TASK:
The number of lines below that contain the word "counting" is all that the answer should hold.

DATA RECORDS:
════

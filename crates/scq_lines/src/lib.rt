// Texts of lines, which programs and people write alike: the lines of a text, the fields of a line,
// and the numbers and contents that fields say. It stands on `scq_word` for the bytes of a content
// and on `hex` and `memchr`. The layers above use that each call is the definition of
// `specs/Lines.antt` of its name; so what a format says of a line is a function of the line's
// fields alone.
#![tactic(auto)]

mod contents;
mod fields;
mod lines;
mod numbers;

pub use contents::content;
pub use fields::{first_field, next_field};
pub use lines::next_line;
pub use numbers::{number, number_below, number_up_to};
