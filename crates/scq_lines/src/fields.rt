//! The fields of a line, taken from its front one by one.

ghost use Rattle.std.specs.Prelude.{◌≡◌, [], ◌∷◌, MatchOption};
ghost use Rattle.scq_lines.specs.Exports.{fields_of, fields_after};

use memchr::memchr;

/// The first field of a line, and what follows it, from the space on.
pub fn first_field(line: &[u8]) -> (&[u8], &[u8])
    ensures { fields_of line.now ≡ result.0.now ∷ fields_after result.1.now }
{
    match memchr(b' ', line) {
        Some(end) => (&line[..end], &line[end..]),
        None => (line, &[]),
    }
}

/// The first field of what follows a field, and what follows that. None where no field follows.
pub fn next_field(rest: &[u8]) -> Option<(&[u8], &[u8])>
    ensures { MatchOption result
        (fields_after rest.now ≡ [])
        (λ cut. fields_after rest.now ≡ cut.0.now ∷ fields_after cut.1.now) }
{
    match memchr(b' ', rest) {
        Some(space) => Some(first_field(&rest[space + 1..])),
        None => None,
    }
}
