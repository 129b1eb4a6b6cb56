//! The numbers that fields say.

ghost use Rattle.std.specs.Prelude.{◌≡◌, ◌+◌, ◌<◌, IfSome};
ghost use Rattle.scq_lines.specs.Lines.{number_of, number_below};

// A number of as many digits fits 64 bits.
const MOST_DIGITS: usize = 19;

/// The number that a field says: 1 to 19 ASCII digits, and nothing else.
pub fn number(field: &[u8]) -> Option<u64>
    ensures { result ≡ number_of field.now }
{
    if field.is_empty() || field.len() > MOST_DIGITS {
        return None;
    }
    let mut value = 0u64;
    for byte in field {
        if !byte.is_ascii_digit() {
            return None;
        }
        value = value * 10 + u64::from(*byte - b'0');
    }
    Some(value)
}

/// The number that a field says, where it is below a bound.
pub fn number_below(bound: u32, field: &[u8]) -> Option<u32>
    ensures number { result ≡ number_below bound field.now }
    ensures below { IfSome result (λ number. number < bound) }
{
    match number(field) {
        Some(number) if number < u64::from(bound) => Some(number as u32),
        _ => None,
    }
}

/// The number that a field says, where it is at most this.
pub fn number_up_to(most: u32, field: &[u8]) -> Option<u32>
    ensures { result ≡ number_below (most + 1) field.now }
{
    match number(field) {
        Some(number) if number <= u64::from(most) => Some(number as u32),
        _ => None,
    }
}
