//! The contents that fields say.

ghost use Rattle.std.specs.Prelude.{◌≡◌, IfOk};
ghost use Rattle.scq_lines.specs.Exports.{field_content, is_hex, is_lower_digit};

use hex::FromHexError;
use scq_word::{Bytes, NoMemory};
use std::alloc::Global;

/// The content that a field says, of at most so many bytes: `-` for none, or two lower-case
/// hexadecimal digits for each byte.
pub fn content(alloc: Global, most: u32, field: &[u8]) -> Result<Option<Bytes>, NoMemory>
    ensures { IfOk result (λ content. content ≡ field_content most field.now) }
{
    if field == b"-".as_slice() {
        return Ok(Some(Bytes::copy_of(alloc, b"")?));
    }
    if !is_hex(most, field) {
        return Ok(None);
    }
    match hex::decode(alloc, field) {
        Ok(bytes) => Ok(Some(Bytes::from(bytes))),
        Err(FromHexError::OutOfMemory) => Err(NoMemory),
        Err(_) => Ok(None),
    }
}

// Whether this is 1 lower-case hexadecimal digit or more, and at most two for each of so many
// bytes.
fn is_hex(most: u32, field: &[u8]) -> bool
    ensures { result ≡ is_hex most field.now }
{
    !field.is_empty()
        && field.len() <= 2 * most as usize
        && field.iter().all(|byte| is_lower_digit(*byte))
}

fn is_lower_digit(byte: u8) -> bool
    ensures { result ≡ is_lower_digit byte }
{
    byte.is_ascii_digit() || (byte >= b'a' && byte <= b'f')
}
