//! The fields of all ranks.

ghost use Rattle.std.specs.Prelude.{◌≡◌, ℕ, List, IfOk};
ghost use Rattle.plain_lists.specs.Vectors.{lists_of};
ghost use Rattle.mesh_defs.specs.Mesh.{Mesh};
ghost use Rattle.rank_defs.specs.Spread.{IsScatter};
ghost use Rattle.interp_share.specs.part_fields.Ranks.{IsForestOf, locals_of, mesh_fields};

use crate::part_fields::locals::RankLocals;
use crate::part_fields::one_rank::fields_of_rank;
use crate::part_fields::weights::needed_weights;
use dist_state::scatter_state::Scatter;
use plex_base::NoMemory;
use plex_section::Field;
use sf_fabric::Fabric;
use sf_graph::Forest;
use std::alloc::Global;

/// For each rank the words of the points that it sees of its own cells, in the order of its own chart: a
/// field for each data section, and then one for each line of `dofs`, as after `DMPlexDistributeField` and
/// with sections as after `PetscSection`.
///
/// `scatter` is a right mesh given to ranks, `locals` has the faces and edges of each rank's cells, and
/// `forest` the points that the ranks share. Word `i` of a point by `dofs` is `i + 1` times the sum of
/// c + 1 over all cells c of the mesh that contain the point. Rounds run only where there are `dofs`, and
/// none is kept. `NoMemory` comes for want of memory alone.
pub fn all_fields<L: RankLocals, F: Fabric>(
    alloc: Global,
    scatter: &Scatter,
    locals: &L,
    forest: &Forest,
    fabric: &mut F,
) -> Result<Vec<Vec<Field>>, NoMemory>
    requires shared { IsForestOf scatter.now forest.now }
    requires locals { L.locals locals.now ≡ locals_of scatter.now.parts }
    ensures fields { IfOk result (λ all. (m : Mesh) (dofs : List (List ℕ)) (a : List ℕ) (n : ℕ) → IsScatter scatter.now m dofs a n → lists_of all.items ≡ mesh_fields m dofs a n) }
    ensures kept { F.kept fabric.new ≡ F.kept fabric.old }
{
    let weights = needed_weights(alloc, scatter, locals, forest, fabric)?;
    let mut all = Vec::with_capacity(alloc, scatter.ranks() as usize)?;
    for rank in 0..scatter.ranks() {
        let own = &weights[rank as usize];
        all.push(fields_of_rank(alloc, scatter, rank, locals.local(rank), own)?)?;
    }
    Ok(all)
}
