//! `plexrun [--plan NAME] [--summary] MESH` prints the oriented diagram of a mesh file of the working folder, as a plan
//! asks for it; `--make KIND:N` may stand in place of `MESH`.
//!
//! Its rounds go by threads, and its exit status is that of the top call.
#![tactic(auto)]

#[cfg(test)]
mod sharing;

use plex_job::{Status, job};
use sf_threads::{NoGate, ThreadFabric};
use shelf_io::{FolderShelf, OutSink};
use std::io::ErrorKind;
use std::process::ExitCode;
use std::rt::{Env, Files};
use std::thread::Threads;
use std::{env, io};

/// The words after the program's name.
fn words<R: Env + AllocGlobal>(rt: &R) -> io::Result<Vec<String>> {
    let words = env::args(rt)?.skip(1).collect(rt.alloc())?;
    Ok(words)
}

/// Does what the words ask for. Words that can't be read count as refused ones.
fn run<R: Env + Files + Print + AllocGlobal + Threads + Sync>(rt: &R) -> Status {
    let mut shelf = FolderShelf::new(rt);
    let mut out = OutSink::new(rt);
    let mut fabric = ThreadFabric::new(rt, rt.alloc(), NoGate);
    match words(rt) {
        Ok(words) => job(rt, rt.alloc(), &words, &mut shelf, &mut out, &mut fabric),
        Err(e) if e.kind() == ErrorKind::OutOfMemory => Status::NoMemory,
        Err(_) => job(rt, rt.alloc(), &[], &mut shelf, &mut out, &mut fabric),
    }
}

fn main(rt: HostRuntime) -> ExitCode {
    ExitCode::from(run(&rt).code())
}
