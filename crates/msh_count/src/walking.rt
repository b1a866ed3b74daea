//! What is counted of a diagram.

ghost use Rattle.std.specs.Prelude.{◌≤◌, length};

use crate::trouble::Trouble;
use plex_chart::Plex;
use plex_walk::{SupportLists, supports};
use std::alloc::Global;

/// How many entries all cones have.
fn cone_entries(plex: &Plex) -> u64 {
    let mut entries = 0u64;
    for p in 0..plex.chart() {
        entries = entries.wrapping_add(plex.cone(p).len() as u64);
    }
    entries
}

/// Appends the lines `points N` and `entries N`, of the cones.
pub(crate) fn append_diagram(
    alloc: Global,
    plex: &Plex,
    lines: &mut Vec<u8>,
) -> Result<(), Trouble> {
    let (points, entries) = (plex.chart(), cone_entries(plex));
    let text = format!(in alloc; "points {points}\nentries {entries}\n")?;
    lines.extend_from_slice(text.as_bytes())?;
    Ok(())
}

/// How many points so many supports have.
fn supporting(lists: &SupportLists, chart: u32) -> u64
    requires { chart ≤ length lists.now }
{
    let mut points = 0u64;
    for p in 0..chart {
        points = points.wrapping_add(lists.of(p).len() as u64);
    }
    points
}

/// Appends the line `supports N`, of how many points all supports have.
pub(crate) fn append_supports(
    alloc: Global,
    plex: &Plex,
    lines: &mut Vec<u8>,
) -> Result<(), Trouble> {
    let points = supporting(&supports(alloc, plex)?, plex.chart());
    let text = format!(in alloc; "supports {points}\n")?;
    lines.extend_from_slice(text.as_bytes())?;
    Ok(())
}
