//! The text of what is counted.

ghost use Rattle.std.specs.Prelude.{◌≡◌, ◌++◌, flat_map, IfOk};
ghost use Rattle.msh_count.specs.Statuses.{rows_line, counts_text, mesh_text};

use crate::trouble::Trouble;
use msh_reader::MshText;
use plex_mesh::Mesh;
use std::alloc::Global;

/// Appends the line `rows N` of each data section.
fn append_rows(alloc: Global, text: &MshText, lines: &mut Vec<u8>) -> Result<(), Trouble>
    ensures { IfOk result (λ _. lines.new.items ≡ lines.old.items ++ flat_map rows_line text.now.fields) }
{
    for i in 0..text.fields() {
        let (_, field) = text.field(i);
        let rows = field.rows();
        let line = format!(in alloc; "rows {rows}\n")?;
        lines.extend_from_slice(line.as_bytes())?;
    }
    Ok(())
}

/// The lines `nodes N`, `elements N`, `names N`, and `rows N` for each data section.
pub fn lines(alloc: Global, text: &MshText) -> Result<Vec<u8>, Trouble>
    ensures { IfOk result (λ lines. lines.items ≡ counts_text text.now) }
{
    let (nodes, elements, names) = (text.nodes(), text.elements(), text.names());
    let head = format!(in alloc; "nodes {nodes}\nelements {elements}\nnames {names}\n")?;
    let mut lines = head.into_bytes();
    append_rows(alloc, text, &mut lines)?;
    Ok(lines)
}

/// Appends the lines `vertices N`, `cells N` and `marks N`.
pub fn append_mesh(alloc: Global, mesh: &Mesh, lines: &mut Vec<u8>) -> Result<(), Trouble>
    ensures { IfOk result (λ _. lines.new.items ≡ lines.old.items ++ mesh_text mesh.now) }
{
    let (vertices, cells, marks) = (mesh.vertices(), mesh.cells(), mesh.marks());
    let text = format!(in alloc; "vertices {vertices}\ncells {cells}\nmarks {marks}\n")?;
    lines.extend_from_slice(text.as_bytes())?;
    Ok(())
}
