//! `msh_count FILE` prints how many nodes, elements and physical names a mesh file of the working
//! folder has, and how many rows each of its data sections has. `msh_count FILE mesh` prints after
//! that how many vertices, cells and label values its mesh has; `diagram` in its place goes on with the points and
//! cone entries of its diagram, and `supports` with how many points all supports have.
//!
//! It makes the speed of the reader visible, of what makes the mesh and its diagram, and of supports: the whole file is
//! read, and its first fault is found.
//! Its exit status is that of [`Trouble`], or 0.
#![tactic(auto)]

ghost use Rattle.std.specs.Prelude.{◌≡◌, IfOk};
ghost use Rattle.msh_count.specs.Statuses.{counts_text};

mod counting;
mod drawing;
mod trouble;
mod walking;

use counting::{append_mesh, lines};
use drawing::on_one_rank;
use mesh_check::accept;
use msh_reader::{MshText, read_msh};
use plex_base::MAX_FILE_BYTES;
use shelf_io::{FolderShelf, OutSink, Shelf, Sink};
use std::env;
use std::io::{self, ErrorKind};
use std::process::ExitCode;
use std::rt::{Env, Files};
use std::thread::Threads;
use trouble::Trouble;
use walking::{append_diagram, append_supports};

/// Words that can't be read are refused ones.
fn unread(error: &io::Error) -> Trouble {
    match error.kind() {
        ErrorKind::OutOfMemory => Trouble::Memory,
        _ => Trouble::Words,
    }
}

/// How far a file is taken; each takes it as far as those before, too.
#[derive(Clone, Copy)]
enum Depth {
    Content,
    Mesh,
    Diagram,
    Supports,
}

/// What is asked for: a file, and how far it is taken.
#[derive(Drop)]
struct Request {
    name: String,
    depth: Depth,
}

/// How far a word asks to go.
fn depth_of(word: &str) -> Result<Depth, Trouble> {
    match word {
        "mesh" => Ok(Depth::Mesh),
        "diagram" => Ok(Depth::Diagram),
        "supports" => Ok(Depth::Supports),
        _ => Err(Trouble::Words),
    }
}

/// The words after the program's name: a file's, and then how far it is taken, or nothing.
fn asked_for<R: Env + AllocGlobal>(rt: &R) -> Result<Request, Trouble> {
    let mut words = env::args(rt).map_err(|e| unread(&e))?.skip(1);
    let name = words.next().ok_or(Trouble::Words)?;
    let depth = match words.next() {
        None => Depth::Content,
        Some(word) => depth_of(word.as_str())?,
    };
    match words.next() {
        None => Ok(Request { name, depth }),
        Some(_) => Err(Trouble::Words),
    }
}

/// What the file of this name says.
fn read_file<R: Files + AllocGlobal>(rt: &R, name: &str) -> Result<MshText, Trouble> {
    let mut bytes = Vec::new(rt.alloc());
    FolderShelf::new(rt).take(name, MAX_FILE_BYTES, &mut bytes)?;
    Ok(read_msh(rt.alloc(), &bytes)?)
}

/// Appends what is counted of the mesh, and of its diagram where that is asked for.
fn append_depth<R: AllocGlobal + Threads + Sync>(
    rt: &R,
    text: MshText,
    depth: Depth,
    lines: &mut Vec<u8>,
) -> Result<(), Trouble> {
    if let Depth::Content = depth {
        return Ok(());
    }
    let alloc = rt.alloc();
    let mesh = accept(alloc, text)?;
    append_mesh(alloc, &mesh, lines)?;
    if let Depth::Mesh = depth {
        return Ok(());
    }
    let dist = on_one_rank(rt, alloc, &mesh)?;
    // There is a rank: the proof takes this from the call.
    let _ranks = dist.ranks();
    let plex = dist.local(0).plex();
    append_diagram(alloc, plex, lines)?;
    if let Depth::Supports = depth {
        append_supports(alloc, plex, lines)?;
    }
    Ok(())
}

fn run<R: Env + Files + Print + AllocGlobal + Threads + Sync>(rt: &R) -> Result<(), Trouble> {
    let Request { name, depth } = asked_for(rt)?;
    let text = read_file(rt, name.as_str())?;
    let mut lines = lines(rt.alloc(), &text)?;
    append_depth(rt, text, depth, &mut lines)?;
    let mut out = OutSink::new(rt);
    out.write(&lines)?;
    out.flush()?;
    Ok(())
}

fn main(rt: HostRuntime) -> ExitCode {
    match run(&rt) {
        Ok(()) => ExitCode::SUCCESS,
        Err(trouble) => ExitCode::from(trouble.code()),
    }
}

════

SOLVED EXERCISE:
2